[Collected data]
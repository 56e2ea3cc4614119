//! What texts give.
ghost use Rattle.std.specs.Prelude.{◌≡◌};
ghost use Rattle.cli_tool.specs.Task.{status_of, outputs_of, report_of};
ghost use Rattle.cli_tool.specs.Asked.{answer_in};

use crate::reporting::usage;
use crate::status::Status;
use std::marker::Model;

/// A file that is written, and its bytes.
#[derive(Drop)]
pub struct Output {
    pub file: Vec<u8>,
    pub bytes: Vec<u8>,
}

impl Model for Output {
    ghost use Rattle.cli_tool.specs.Task.{Output as Written};

    ghost Value = { Written };

    ghost view = { λ o. record { file = o.file.items; bytes = o.bytes.items } };
}

/// Why a text is refused, or words are wrong, for a person.
#[derive(Clone, Copy)]
pub struct Why<'a> {
    /// The file, as the words name it.
    pub file: &'a [u8],
    /// Counted from 1; 0 where the text as a whole is meant.
    pub line: u32,
    /// In bytes, counted from 1.
    pub column: Option<u32>,
    pub message: &'static str,
}

/// What the texts of a command give, with all that is to be written.
#[derive(Drop)]
pub enum Answer<'a> {
    /// The words are wrong after all, and why, where more can be told of it.
    WrongWords(Option<Why<'a>>),
    /// A text is refused, by this report.
    Refused(Vec<u8>, Why<'a>),
    /// The command is done: whether its answer is yes, the files to write in order, the report.
    Outcome(bool, Vec<Output>, Vec<u8>),
}

impl<'a> Answer<'a> {
    /// The status of a run that gave it, where nothing failed.
    pub fn status(&self) -> Status
        ensures { result ≡ status_of (answer_in self.now) }
    {
        match self {
            Answer::WrongWords(_) => Status::Usage,
            Answer::Refused(_, _) => Status::Refused,
            Answer::Outcome(true, _, _) => Status::Done,
            Answer::Outcome(false, _, _) => Status::Negative,
        }
    }

    /// The files to write, in order.
    pub fn outputs(&self) -> &[Output]
        ensures { result.now ≡ outputs_of (answer_in self.now) }
    {
        match self {
            Answer::WrongWords(_) | Answer::Refused(_, _) => &[],
            Answer::Outcome(_, outputs, _) => outputs.as_slice(),
        }
    }

    pub fn report(&self) -> &[u8]
        ensures { result.now ≡ report_of (answer_in self.now) }
    {
        match self {
            Answer::WrongWords(_) => usage(),
            Answer::Refused(report, _) => report.as_slice(),
            Answer::Outcome(_, _, report) => report.as_slice(),
        }
    }

    /// Why a text is refused, or the words are wrong after all.
    pub fn why(&self) -> Option<Why<'a>> {
        match self {
            Answer::Refused(_, why) => Some(*why),
            Answer::WrongWords(why) => *why,
            Answer::Outcome(_, _, _) => None,
        }
    }
}
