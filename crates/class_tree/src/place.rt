//! Where a class stands.

/// The place of a class: its index in the folder or in the library, counted from 0.
#[derive(Clone, Copy, PartialEq, Eq, Debug)]
pub enum Place {
    Folder(usize),
    Library(usize),
}
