//! The third step: what the machine needs of its library.
ghost use Rattle.std.specs.Prelude.{◌≡◌, ◌↔◌, ◌⊎◌, ◌||◌, false, [], ◌∷◌, map, Some, IfOk, IfSome, IsSome, IsTrue};
ghost use Rattle.std.specs.List.{list_any};
ghost use Rattle.std.specs.Option.{option_copied, option_map_or};
ghost use Rattle.class_model.specs.Checks.{asked_each, asked_if};
ghost use Rattle.class_model.specs.Header.{header_of};
ghost use Rattle.class_model.specs.ModifiedUtf8.{is_plain_text};
ghost use Rattle.class_model.specs.Names.{init};
ghost use Rattle.class_model.specs.Pool.{constant_at};
ghost use Rattle.class_tree.specs.Answers.{Answers};
ghost use Rattle.class_tree.specs.Headers.{Name, class_named, named, IsThere};
ghost use Rattle.class_tree.specs.Names as names;
ghost use Rattle.class_tree.specs.Inner.Nodes.{graph_of, number_of};
ghost use Rattle.class_tree.specs.Problems.{check};
ghost use Rattle.class_tree.specs.Steps.{base_checks, has_constant, is_method_handle, is_method_type, is_open_constructor, HasOneConstructor};
ghost use Rattle.class_tree.specs.Subtype.{IsBelow};
ghost use Rattle.class_tree.specs.Trees.{IsInOrder};
ghost use Rattle.class_tree.specs.declared.fault.LinkRule.TheVariants as rules;

use crate::fault::{LinkFault, LinkRule};
use crate::graph::reaches;
use crate::headers::Headers;
use crate::hierarchy::is_outside;
use crate::lists::Lists;
use crate::names::{
    CLONEABLE, METHOD_HANDLE, METHOD_TYPE, OBJECT, SERIALIZABLE, THROWABLE, base_names,
    is_interface, machine_throwables,
};
use crate::question::ask_named;
use class_model::{
    ACC_PUBLIC, ACC_STATIC, ClassFile, Const, Header, INIT, Member, NoMemory, Pool, has,
};
use std::alloc::Global;

/// Asks the library for what the machine needs.
pub(crate) fn check_base(
    alloc: Global,
    folder: &[ClassFile],
    headers: &Headers<'_>,
    graph: &Lists<usize>,
) -> Result<(), LinkFault>
    requires in_order { IsInOrder headers.now }
    requires folder { headers.now.folder ≡ map header_of folder.now }
    requires graph { graph.now ≡ graph_of headers.now }
    ensures { Answers (base_checks (record { folder = folder.now; library = headers.now.library }))
        result }
{
    check_names(alloc, headers)?;
    check_object(alloc, headers)?;
    check_throwables(alloc, headers, graph)?;
    check_interfaces(alloc, headers)?;
    let constants = needs_of(headers, folder);
    check_need(alloc, headers, constants.method_handle, METHOD_HANDLE)?;
    check_need(alloc, headers, constants.method_type, METHOD_TYPE)
}

// Asks for the classes that each library has.
fn check_names(alloc: Global, headers: &Headers<'_>) -> Result<(), LinkFault>
    requires { IsInOrder headers.now }
    ensures { Answers
        (asked_each
        (λ name. check name rules.Missing (IsSome (named name headers.now.library)) ∷ [])
        names.base_names) result }
{
    for name in base_names() {
        ask_named(alloc, is_in_library(headers, name), name, LinkRule::Missing)?;
    }
    Ok(())
}

// Whether the library has a class of this name.
fn is_in_library(headers: &Headers<'_>, name: &[u8]) -> bool
    requires { IsInOrder headers.now }
    ensures { IsTrue result ↔ IsSome (named name.now headers.now.library) }
{
    match headers.number_of(name) {
        Some(number) => is_outside(headers, number),
        None => false,
    }
}

// The class of a name.
fn class_of<'a>(headers: &'a Headers<'_>, name: &[u8]) -> Option<&'a Header>
    requires { IsInOrder headers.now }
    ensures { option_copied result ≡ class_named headers.now name.now }
{
    match headers.number_of(name) {
        Some(number) => headers.get(number),
        None => None,
    }
}

// Asks that java/lang/Object has one instance initialiser, which is public and has no parameters.
fn check_object(alloc: Global, headers: &Headers<'_>) -> Result<(), LinkFault>
    requires { IsInOrder headers.now }
    ensures { Answers
        (check names.object rules.NoMember
        (IfSome (class_named headers.now names.object) HasOneConstructor)
        ∷ []) result }
{
    ask_named(alloc, is_object_open(headers), OBJECT, LinkRule::NoMember)
}

// Whether java/lang/Object has one instance initialiser, which is public and has no parameters.
fn is_object_open(headers: &Headers<'_>) -> bool
    requires { IsInOrder headers.now }
    ensures { IsTrue result ↔ IfSome (class_named headers.now names.object) HasOneConstructor }
{
    match class_of(headers, OBJECT) {
        Some(header) => has_one_constructor(header),
        None => true,
    }
}

// Whether a class declares a public instance initialiser with no parameters, and no other.
fn has_one_constructor(header: &Header) -> bool
    ensures { IsTrue result ↔ HasOneConstructor header.now }
{
    let methods = header.methods.as_slice();
    count_constructors(methods) == 1 && has_open_constructor(methods)
}

// How many of these methods are instance initialisers.
fn count_constructors(methods: &[Member]) -> usize
    ensures { result ≡ names.times_named init methods.now }
{
    methods
        .iter()
        .filter(|method| method.name.bytes() == INIT)
        .count()
}

// Whether one of these methods is a public instance initialiser with no parameters.
fn has_open_constructor(methods: &[Member]) -> bool
    ensures { result ≡ list_any is_open_constructor methods.now }
{
    methods.iter().any(is_open_constructor)
}

const NO_PARAMETERS: &[u8] = b"()V";

// Whether a member is a public instance initialiser with no parameters.
fn is_open_constructor(member: &Member) -> bool
    ensures { result ≡ is_open_constructor member.now }
{
    member.name.bytes() == INIT
        && member.desc.bytes() == NO_PARAMETERS
        && has(member.flags, ACC_PUBLIC)
        && !has(member.flags, ACC_STATIC)
}

// Asks that the throwables that instructions raise are below java/lang/Throwable.
fn check_throwables(
    alloc: Global,
    headers: &Headers<'_>,
    graph: &Lists<usize>,
) -> Result<(), LinkFault>
    requires in_order { IsInOrder headers.now }
    requires graph { graph.now ≡ graph_of headers.now }
    requires there { IsThere headers.now names.throwable }
    ensures { Answers
        (asked_each
        (λ name. check name rules.KindOfSuper (IsBelow headers.now name names.throwable) ∷ [])
        names.machine_throwables) result }
{
    let Some(throwable) = headers.number_of(THROWABLE) else {
        unreachable!()
    };
    for name in machine_throwables() {
        let is_throwable = is_below(alloc, headers, graph, name, throwable)?;
        ask_named(alloc, is_throwable, name, LinkRule::KindOfSuper)?;
    }
    Ok(())
}

// Whether the class of a name is below the class of a number.
fn is_below(
    alloc: Global,
    headers: &Headers<'_>,
    graph: &Lists<usize>,
    name: &[u8],
    above: usize,
) -> Result<bool, NoMemory>
    requires in_order { IsInOrder headers.now }
    requires graph { graph.now ≡ graph_of headers.now }
    ensures { (high : Name)
        → number_of headers.now high ≡ Some above
        → IfOk result (λ yes. IsTrue yes ↔ IsBelow headers.now name.now high) }
{
    match headers.number_of(name) {
        Some(number) => reaches(alloc, graph, number, above),
        None => Ok(false),
    }
}

// Asks that java/io/Serializable and java/lang/Cloneable are interfaces.
fn check_interfaces(alloc: Global, headers: &Headers<'_>) -> Result<(), LinkFault>
    requires { IsInOrder headers.now }
    ensures { Answers
        (asked_each
        (λ name.
        check name rules.KindOfSuper
        (IfSome (class_named headers.now name)
        (λ header. IsTrue (names.is_interface header)))
        ∷ []) (names.serializable ∷ names.cloneable ∷ [])) result }
{
    ask_named(
        alloc,
        is_no_class(headers, SERIALIZABLE),
        SERIALIZABLE,
        LinkRule::KindOfSuper,
    )?;
    ask_named(
        alloc,
        is_no_class(headers, CLONEABLE),
        CLONEABLE,
        LinkRule::KindOfSuper,
    )
}

// Whether the class of a name is an interface, if it is there.
fn is_no_class(headers: &Headers<'_>, name: &[u8]) -> bool
    requires { IsInOrder headers.now }
    ensures { IsTrue result
        ↔ IfSome (class_named headers.now name.now) (λ header. IsTrue (names.is_interface header)) }
{
    match class_of(headers, name) {
        Some(header) => is_interface(header),
        None => true,
    }
}

// Whether there are constants that need a class of the library.
#[derive(Clone, Copy)]
struct Constants {
    method_handle: bool,
    method_type: bool,
}

impl Constants {
    fn none() -> Self
        ensures { result ≡ record { method_handle = false; method_type = false } }
    {
        Constants {
            method_handle: false,
            method_type: false,
        }
    }

    fn or(self, other: Constants) -> Self
        ensures { result
            ≡ record {
              method_handle = self.method_handle || other.method_handle;
              method_type = self.method_type || other.method_type;
            } }
    {
        Constants {
            method_handle: self.method_handle || other.method_handle,
            method_type: self.method_type || other.method_type,
        }
    }
}

// What constants of a folder need, as far as it matters: where the library has the classes that they may need, no pool is read.
fn needs_of(headers: &Headers<'_>, folder: &[ClassFile]) -> Constants
    requires { IsInOrder headers.now }
    ensures method_handle { IsSome (named names.method_handle headers.now.library)
        ⊎ (result.method_handle ≡ list_any (has_constant is_method_handle) folder.now) }
    ensures method_type { IsSome (named names.method_type headers.now.library)
        ⊎ (result.method_type ≡ list_any (has_constant is_method_type) folder.now) }
{
    if is_in_library(headers, METHOD_HANDLE) && is_in_library(headers, METHOD_TYPE) {
        Constants::none()
    } else {
        constants_of(folder)
    }
}

// Whether the pools of class files have such constants.
fn constants_of(folder: &[ClassFile]) -> Constants
    ensures method_handle { result.method_handle
        ≡ list_any (has_constant is_method_handle) folder.now }
    ensures method_type { result.method_type ≡ list_any (has_constant is_method_type) folder.now }
{
    let mut constants = Constants::none();
    for class in folder {
        constants = constants.or(constants_in(class));
    }
    constants
}

// Whether the pool of a class file has such constants.
fn constants_in(class: &ClassFile) -> Constants
    ensures method_handle { result.method_handle ≡ has_constant is_method_handle class.now }
    ensures method_type { result.method_type ≡ has_constant is_method_type class.now }
{
    let mut constants = Constants::none();
    for index in 0..class.pool.count() {
        constants = constants.or(constants_at(&class.pool, index));
    }
    constants
}

// Whether such a constant is at an index.
fn constants_at(pool: &Pool, index: u16) -> Constants
    ensures method_handle { result.method_handle
        ≡ option_map_or is_method_handle (constant_at pool.now index) false }
    ensures method_type { result.method_type
        ≡ option_map_or is_method_type (constant_at pool.now index) false }
{
    match pool.get(index) {
        Some(constant) => Constants {
            method_handle: is_method_handle(constant),
            method_type: is_method_type(constant),
        },
        None => Constants::none(),
    }
}

// Whether a constant is a method handle.
fn is_method_handle(constant: &Const) -> bool
    ensures { result ≡ is_method_handle constant.now }
{
    matches!(constant, Const::MethodHandle(_, _))
}

// Whether a constant is a method type.
fn is_method_type(constant: &Const) -> bool
    ensures { result ≡ is_method_type constant.now }
{
    matches!(constant, Const::MethodType(_))
}

// Asks the library for a class where it is needed.
fn check_need(
    alloc: Global,
    headers: &Headers<'_>,
    is_needed: bool,
    name: &[u8],
) -> Result<(), LinkFault>
    requires in_order { IsInOrder headers.now }
    requires plain { IsTrue (is_plain_text name.now) }
    ensures { Answers
        (asked_if is_needed
        (check name.now rules.Missing (IsSome (named name.now headers.now.library)) ∷ []))
        result }
{
    if !is_needed {
        return Ok(());
    }
    ask_named(alloc, is_in_library(headers, name), name, LinkRule::Missing)
}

EXERCISE DESCRIPTION
Your answer should hold exactly the lines from the one containing "result.method_handle ≡ has_constant" to the last line of the data, both included, and no others.

WRITTEN ANSWER
    ensures method_handle { result.method_handle ≡ has_constant is_method_handle class.now }
    ensures method_type { result.method_type ≡ has_constant is_method_type class.now }
{
    let mut constants = Constants::none();
    for index in 0..class.pool.count() {
        constants = constants.or(constants_at(&class.pool, index));
    }
    constants
}

// Whether such a constant is at an index.
fn constants_at(pool: &Pool, index: u16) -> Constants
    ensures method_handle { result.method_handle
        ≡ option_map_or is_method_handle (constant_at pool.now index) false }
    ensures method_type { result.method_type
        ≡ option_map_or is_method_type (constant_at pool.now index) false }
{
    match pool.get(index) {
        Some(constant) => Constants {
            method_handle: is_method_handle(constant),
            method_type: is_method_type(constant),
        },
        None => Constants::none(),
    }
}

// Whether a constant is a method handle.
fn is_method_handle(constant: &Const) -> bool
    ensures { result ≡ is_method_handle constant.now }
{
    matches!(constant, Const::MethodHandle(_, _))
}

// Whether a constant is a method type.
fn is_method_type(constant: &Const) -> bool
    ensures { result ≡ is_method_type constant.now }
{
    matches!(constant, Const::MethodType(_))
}

// Asks the library for a class where it is needed.
fn check_need(
    alloc: Global,
    headers: &Headers<'_>,
    is_needed: bool,
    name: &[u8],
) -> Result<(), LinkFault>
    requires in_order { IsInOrder headers.now }
    requires plain { IsTrue (is_plain_text name.now) }
    ensures { Answers
        (asked_if is_needed
        (check name.now rules.Missing (IsSome (named name.now headers.now.library)) ∷ []))
        result }
{
    if !is_needed {
        return Ok(());
    }
    ask_named(alloc, is_in_library(headers, name), name, LinkRule::Missing)
}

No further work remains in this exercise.